Возможно, Оливер заслуживал иного, чем сомнительное «хорошо», но я не была готова на большее. Слово «хорошо» стало моим компромиссом; в тот момент я не могла произнести ничего другого. Я начинала оценивать наши отношения по тому, насколько они полезны Стефани. Оливер заботился о Стефани, заваривал для Стефани чай и приносил ей посреди ночи мятное мороженое с шоколадом. Он был со Стефани терпеливым и любящим. А вот у Стефани редко возникало желание сделать Оливера счастливым. Покупка в «Бергдорфе» нового наряда, который ему понравится, едва ли можно назвать жертвой. Да, я готовлю ему обед, но мне нравится готовить — разве это считается? Возможно, единственный способ доказать мою любовь — это совершить поступок, который мне совсем не по душе. Вроде того, как я ходила в синагогу по настоянию родителей. Если я в воскресенье мучилась, не в состоянии вырваться на улицу и страдая оттого, что колготки щиплются, это доказывало мою любовь к Богу.
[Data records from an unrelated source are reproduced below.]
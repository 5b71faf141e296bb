//! Structs.

ghost use Rattle.std.specs.Prelude.{◌≡◌};
ghost use Rattle.vf_names.specs.Names.{number_of};
ghost use Rattle.vf_walk.specs.Items.{field_walked, fields_behind, fields_walked, struct_, struct_found, struct_number, struct_walked, with_field};
ghost use Rattle.vf_walk.specs.Walking.{Gives};

use crate::names::may_be_stated;
use std::alloc::Global;
use vf_base::{Rule, RuleFault, Sequence};
use vf_declared::ctype::CType;
use vf_declared::declaration::Fields;
use vf_declared::scope::Scope;
use vf_names::Names;
use vf_syntax::item::Typed;
use vf_syntax::written::Name;
use vf_typing::{refused, written_type};

/// The number of a struct that is declared, where it may be declared before.
fn struct_number(scope: &Scope, found: Option<usize>) -> usize
    ensures { result ≡ struct_number scope.now found }
{
    match found {
        Some(number) => number,
        None => scope.structures.len(),
    }
}

/// Declares a struct, which may be declared before by a number.
#[tactic(auto, using(crate::proofs::Steps::out_of_memory))]
fn walk_found(
    alloc: Global,
    scope: &mut Scope,
    name: &Name,
    is_opaque: bool,
    found: Option<usize>,
) -> Result<(), RuleFault>
    ensures { Gives result scope.new (struct_found name.now is_opaque found scope.old) }
{
    let file = name.place.file;
    let Some(number) = found else {
        scope.declare_struct(alloc, name.text.as_bytes(), file, is_opaque)?;
        return Ok(());
    };
    if !may_be_stated(scope, file, is_opaque, scope.structures.get(number)) {
        return Err(RuleFault::Refused(refused(Rule::Name, name.place)));
    }
    scope.declare_struct_again(alloc, number, file, is_opaque)?;
    Ok(())
}

/// Declares a struct as opaque, or so that its fields may follow.
pub fn walk_struct_name(
    alloc: Global,
    scope: &mut Scope,
    name: &Name,
    is_opaque: bool,
) -> Result<(), RuleFault>
    ensures { Gives result scope.new (struct_ name.now is_opaque scope.old) }
{
    let found = scope.tags.number(name.text.as_bytes());
    walk_found(alloc, scope, name, is_opaque, found)
}

/// One more field of a type.
#[tactic(auto, using(crate::proofs::Steps::out_of_memory))]
fn add_field(fields: &mut Fields, field: &Typed, ctype: CType) -> Result<(), RuleFault>
    ensures { Gives result fields.new (with_field field.now ctype fields.old) }
{
    if fields.names.number(field.name.text.as_bytes()).is_some() {
        return Err(RuleFault::Refused(refused(Rule::Name, field.name.place)));
    }
    fields.names.push(field.name.text.as_bytes())?;
    fields.types.push(ctype)?;
    Ok(())
}

/// One more field.
#[tactic(auto, using(crate::proofs::Steps::go, crate::proofs::Steps::stop_at))]
fn walk_field(scope: &Scope, field: &Typed, fields: &mut Fields) -> Result<(), RuleFault>
    ensures { Gives result fields.new (field_walked scope.now field.now fields.old) }
{
    let ctype = written_type(scope, &field.written)?;
    add_field(fields, field, ctype)
}

/// More fields.
#[tactic(auto, using(crate::proofs::Loops::fields_stop, crate::proofs::Loops::fields_none, crate::proofs::Loops::fields_end))]
fn walk_field_list(
    scope: &Scope,
    list: &Sequence<Typed>,
    fields: &mut Fields,
) -> Result<(), RuleFault>
    ensures { Gives result fields.new (fields_behind scope.now list.now fields.old) }
{
    for at in 0..list.len() {
        let Some(field) = list.get(at) else {
            return Ok(());
        };
        walk_field(scope, field, fields)?;
    }
    Ok(())
}

/// The fields of the struct with a number.
#[tactic(auto, using(crate::proofs::Steps::go, crate::proofs::Steps::stop))]
fn walk_fields(
    alloc: Global,
    scope: &mut Scope,
    name: &Name,
    list: &Sequence<Typed>,
    number: usize,
) -> Result<(), RuleFault>
    ensures { Gives result scope.new (fields_walked name.now list.now number scope.old) }
{
    let mut fields = Fields {
        file: name.place.file,
        names: Names::new(alloc),
        types: Sequence::new(alloc),
    };
    walk_field_list(scope, list, &mut fields)?;
    scope.declare_fields(alloc, number, fields);
    Ok(())
}

/// A struct with its fields.
#[tactic(auto, using(crate::proofs::Steps::go, crate::proofs::Steps::stop))]
pub fn walk_struct(
    alloc: Global,
    scope: &mut Scope,
    name: &Name,
    list: &Sequence<Typed>,
) -> Result<(), RuleFault>
    ensures { Gives result scope.new (struct_walked name.now list.now scope.old) }
{
    let number = struct_number(scope, scope.tags.number(name.text.as_bytes()));
    walk_struct_name(alloc, scope, name, false)?;
    walk_fields(alloc, scope, name, list, number)
}
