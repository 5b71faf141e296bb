//! Laws of the parsers on lists. Each function does nothing; its contract is the law.

ghost use Rattle.vf_parse_chunk.specs.Laws.{BegunAreSpelled, EndedAreSpelled};

/// What is read of a part is spelled by the tokens that are taken, and nests no deeper than is allowed.
pub fn chunks_are_spelled()
    ensures begun { BegunAreSpelled }
    ensures ended { EndedAreSpelled }
{}
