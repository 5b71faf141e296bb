//! What annotations declare.

use vf_base::RuleFault;
use vf_declared::ctype::CType;
use vf_declared::scope::Scope;
use vf_syntax::contract::{Contract, Invariant};
use vf_syntax::ghost_command::GhostCommand;
use vf_syntax::item::GhostItem;

/// Whose contract one is: the file in which its name stands, what it gives, and whether it is a function type in place
/// of a function.
#[derive(Clone, Copy, Debug, PartialEq, Eq)]
pub struct Owner {
    pub file: u32,
    pub given: CType,
    pub is_type: bool,
}

/// Walks over annotations inside C text.
///
/// Each call leaves something declared that its meaning relates to what was declared before, or answers a refusal that
/// this relates to it.
pub trait Annotations {
    ghost use Rattle.vf_walk.specs.Meanings.{Meanings};
    ghost use Rattle.vf_walk.specs.Walking.{Follows};
    ghost use Rattle.std.specs.Prelude.{◌≡◌};

    // what annotations may leave declared behind them
    ghost meanings: { Self → Meanings };

    /// Whether a function with its body that has no contract takes that of its prototype.
    fn takes_contracts(&self) -> bool
        ensures { result ≡ (meanings self.now).takes };

    /// A contract, behind the parameters of its owner; what it leaves behind is visible in a body.
    fn contract(
        &self,
        scope: &mut Scope,
        owner: Owner,
        contract: &Contract,
    ) -> Result<(), RuleFault>
        ensures { Follows ((meanings self.now).contract owner contract.now scope.old) result scope.new };

    /// An invariant of a loop that stands in a file.
    fn invariant(
        &self,
        scope: &mut Scope,
        file: u32,
        invariant: &Invariant,
    ) -> Result<(), RuleFault>
        ensures { Follows ((meanings self.now).invariant file invariant.now scope.old) result scope.new };

    /// A ghost command.
    fn command(&self, scope: &mut Scope, command: &GhostCommand) -> Result<(), RuleFault>
        ensures { Follows ((meanings self.now).command command.now scope.old) result scope.new };

    /// A ghost item.
    fn item(&self, scope: &mut Scope, item: &GhostItem) -> Result<(), RuleFault>
        ensures { Follows ((meanings self.now).item item.now scope.old) result scope.new };
}

/// Annotations that declare nothing, as where the grammar without them was read.
#[derive(Clone, Copy, Debug)]
pub struct NoAnnotations;

impl Annotations for NoAnnotations {
    ghost use Rattle.vf_walk.specs.Meanings.{no_meanings};

    ghost meanings = { λ a. no_meanings };

    fn takes_contracts(&self) -> bool {
        false
    }

    #[tactic(auto, using(crate::proofs::Steps::stays))]
    fn contract(
        &self,
        _scope: &mut Scope,
        _owner: Owner,
        _contract: &Contract,
    ) -> Result<(), RuleFault> {
        Ok(())
    }

    #[tactic(auto, using(crate::proofs::Steps::stays))]
    fn invariant(
        &self,
        _scope: &mut Scope,
        _file: u32,
        _invariant: &Invariant,
    ) -> Result<(), RuleFault> {
        Ok(())
    }

    #[tactic(auto, using(crate::proofs::Steps::stays))]
    fn command(&self, _scope: &mut Scope, _command: &GhostCommand) -> Result<(), RuleFault> {
        Ok(())
    }

    #[tactic(auto, using(crate::proofs::Steps::stays))]
    fn item(&self, _scope: &mut Scope, _item: &GhostItem) -> Result<(), RuleFault> {
        Ok(())
    }
}
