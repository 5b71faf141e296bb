//! C files: tokens to trees.
//!
//! A tree that is answered spells all of the tokens, and no token of it nests deeper than 128. What is
//! refused is refused with the place of a token, as `specs/` says of each fault.
//!
//! `parse_by` and `parse_plain`: a unit is spelled by all of the tokens, nested at most 128 deep (`spelled`); the
//! first token that is refused by name is found exactly (`unsupported`); every other answer is what the parser on
//! lists comes to, by its place (`read`).
#![tactic(auto)]

pub mod fault;
pub mod plain;
pub mod unit;
pub mod unsupported;
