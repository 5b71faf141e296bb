//! When names of file level and tags may be declared.

ghost use Rattle.std.specs.Prelude.{◌≡◌};
ghost use Rattle.std.specs.Option.{option_copied};
ghost use Rattle.vf_declared.specs.Scopes.{at_name};
ghost use Rattle.vf_walk.specs.Names.{earlier, extended, function_of, has_types, is_new, is_of_prelude, is_stated, is_taken, lacks, may_be_stated};

use vf_base::{NumberList, Refusal, Rule, Sequence};
use vf_declared::ctype::CType;
use vf_declared::declaration::{Declaration, Meaning, Sides, Signature, Structure};
use vf_declared::lookup::has;
use vf_declared::scope::Scope;
use vf_syntax::written::Name;
use vf_typing::{refused, same_types};

/// Whether a name is that of `free`, in a unit that has `<stdlib.h>`.
fn is_taken(scope: &Scope, name: &[u8]) -> bool
    ensures { result ≡ is_taken scope.now name.now }
{
    scope.has_stdlib && name == b"free".as_slice()
}

/// Whether the first of the files in which something is declared is a prelude's.
fn is_of_prelude(scope: &Scope, files: &NumberList) -> bool
    ensures { result ≡ is_of_prelude scope.now files.now }
{
    match files.as_slice() {
        [] => false,
        [file, ..] => has(&scope.preludes, *file),
    }
}

/// Whether a function has no prototype so far, or no body.
fn lacks(has_body: bool, sides: Option<&Sides>) -> bool
    ensures { result ≡ lacks has_body (option_copied sides.entry) }
{
    match sides {
        Some(sides) => {
            if has_body {
                !sides.is_defined
            } else {
                sides.prototype.is_none()
            }
        }
        None => false,
    }
}

/// The function of a meaning, if a prototype or a body may be added to it.
fn function_of(scope: &Scope, has_body: bool, meaning: Meaning) -> Option<usize>
    ensures { result ≡ function_of scope.now has_body meaning }
{
    match meaning {
        Meaning::Function(number) => {
            if lacks(has_body, scope.sides.get(number)) {
                Some(number)
            } else {
                None
            }
        }
        _ => None,
    }
}

/// The same of a declaration, where the new one stands in a file.
fn extended(scope: &Scope, file: u32, has_body: bool, declaration: &Declaration) -> Option<usize>
    ensures { result ≡ extended scope.now file has_body declaration.now }
{
    if scope.is_visible(file, &declaration.files) && !is_of_prelude(scope, &declaration.files) {
        function_of(scope, has_body, declaration.meaning)
    } else {
        None
    }
}

/// The declaration of a name, in a file that is seen or not.
fn declaration<'a>(scope: &'a Scope, name: &[u8]) -> Option<&'a Declaration>
    ensures { option_copied result ≡ at_name scope.now.names scope.now.declarations name.now }
{
    let number = scope.names.number(name)?;
    scope.declarations.get(number)
}

/// What a prototype or a body of a name is of: of none that is declared before, or of a function by its number.
pub fn earlier(scope: &Scope, name: &Name, has_body: bool) -> Result<Option<usize>, Refusal>
    ensures { result ≡ earlier scope.now name.now has_body }
{
    if is_taken(scope, name.text.as_bytes()) {
        return Err(refused(Rule::Name, name.place));
    }
    let Some(before) = declaration(scope, name.text.as_bytes()) else {
        return Ok(None);
    };
    match extended(scope, name.place.file, has_body, before) {
        Some(number) => Ok(Some(number)),
        None => Err(refused(Rule::Name, name.place)),
    }
}

/// Whether nothing of file level has a name so far.
pub fn is_new(scope: &Scope, name: &[u8]) -> bool
    ensures { result ≡ is_new scope.now name.now }
{
    !is_taken(scope, name) && !scope.is_declared(name)
}

/// Whether a function has these types.
pub fn has_types(given: CType, taken: &Sequence<CType>, signature: Option<&Signature>) -> bool
    ensures { result ≡ has_types given taken.now (option_copied signature.entry) }
{
    match signature {
        Some(signature) => {
            signature.result.same(given) && same_types(&signature.parameters, taken)
        }
        None => false,
    }
}

/// Whether a struct is declared already as opaque, or with its fields.
fn is_stated(is_opaque: bool, structure: &Structure) -> bool
    ensures { result ≡ is_stated is_opaque structure.now }
{
    if is_opaque {
        structure.is_opaque
    } else {
        structure.fields.is_some()
    }
}

/// Whether a struct may be declared again in a file, as opaque or with its fields.
pub fn may_be_stated(
    scope: &Scope,
    file: u32,
    is_opaque: bool,
    structure: Option<&Structure>,
) -> bool
    ensures { result ≡ may_be_stated scope.now file is_opaque (option_copied structure.entry) }
{
    let Some(structure) = structure else {
        return false;
    };
    if !scope.is_visible(file, &structure.files) || is_stated(is_opaque, structure) {
        return false;
    }
    !is_of_prelude(scope, &structure.files) || has(&scope.preludes, u64::from(file))
}
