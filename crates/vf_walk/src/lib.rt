//! The walk over a unit's C text: what is declared behind each item and each statement, or the first refusal.
//!
//! [`walk_items`] goes over items in the order of the text, and is given what annotations declare, by [`Annotations`];
//! [`walk_item`] goes over one of them.
//!
//! In `specs/`: what the walk over each statement and item of C text comes to: locals and blocks, loops, returns,
//! parameters, structs and their fields, function types, prototypes and definitions, headers, `main`, the names of
//! preludes. The one ghost member of the trait `Annotations`, `Meanings`, relates what stands declared before
//! contracts, invariants, ghost commands and ghost items to what they may leave declared and to how they may be
//! refused, and says whether a function without a contract takes that of its prototype; `NoAnnotations` declares
//! nothing and takes none. `walk_items`, and `walk_item` for one of them, leaves a scope, or answers a refusal, that
//! the walk may come to, unless memory ran out. Law: `walks_agree` (where each annotation comes to one thing at most,
//! so does the walk). Exact where each annotation comes to one thing at most, as those of `vf_annotations` do.
#![tactic(auto)]

pub mod annotations;
mod function;
mod function_type;
mod items;
mod laws;
mod names;
mod parameters;
mod statement;
mod structure;
mod variable;

pub use annotations::{Annotations, NoAnnotations, Owner};
pub use items::{walk_item, walk_items};
pub use laws::walks_agree;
Может быть, любовь именно такова: ты делаешь то, что тебе вовсе не нравится, чтобы осчастливить любимого человека. Вот так я сидела по воскресеньям на Лонг-Айленде с родителями Гэйба, вместо того, чтобы покупать себе купальники и любоваться на себя в безжалостном свете примерочных; и так я полюблю Оливера, словно воскресную школу, и пробегу этот ужасный кросс.

В день соревнований мы опаздывали на полчаса, — из-за того, что Оливер называл «непредвиденностями». Несмотря на заведенный будильник, заранее приготовленную одежду и составленные планы, со мной неизменно происходило нечто непредвиденное, и мы опаздывали. Иногда приходилось ждать, пока подзарядится мой телефон, иногда, уже спустившись на лифте, я вспоминала, что не налила в миску Линуса воды. В основном беда была в том, что я не умею рассчитывать время. Ежедневные ритуалы совершались автоматически. Мое тело делало все необходимое, не сосредотачиваясь на том, сколько времени занимает то или иное действие.

В то утро я завязывала шнурки, когда в животе у меня повело, и тело мое издало очень громкий звук. Не в том даже дело, что я слишком резко нагнулась. Просто случайное пуканье. В растерянности, граничащей с ужасом, я уставилась на Оливера, но тут же невольно улыбнулась. Меня аж согнуло от хохота, и я схватила его за рубашку, пытаясь извиниться.

— Моя малышка пустила ветры, — сказал он, обнимая меня. — Знаешь, Стефани, в отношениях двух людей подобная ерунда рано или поздно неизбежна. А ты, я смотрю, все делаешь с размахом, прямо-таки погружаешься с головой, правда, девочка? — Он был прав, но это наблюдение относилось не только к физиологии, но к жизни в целом.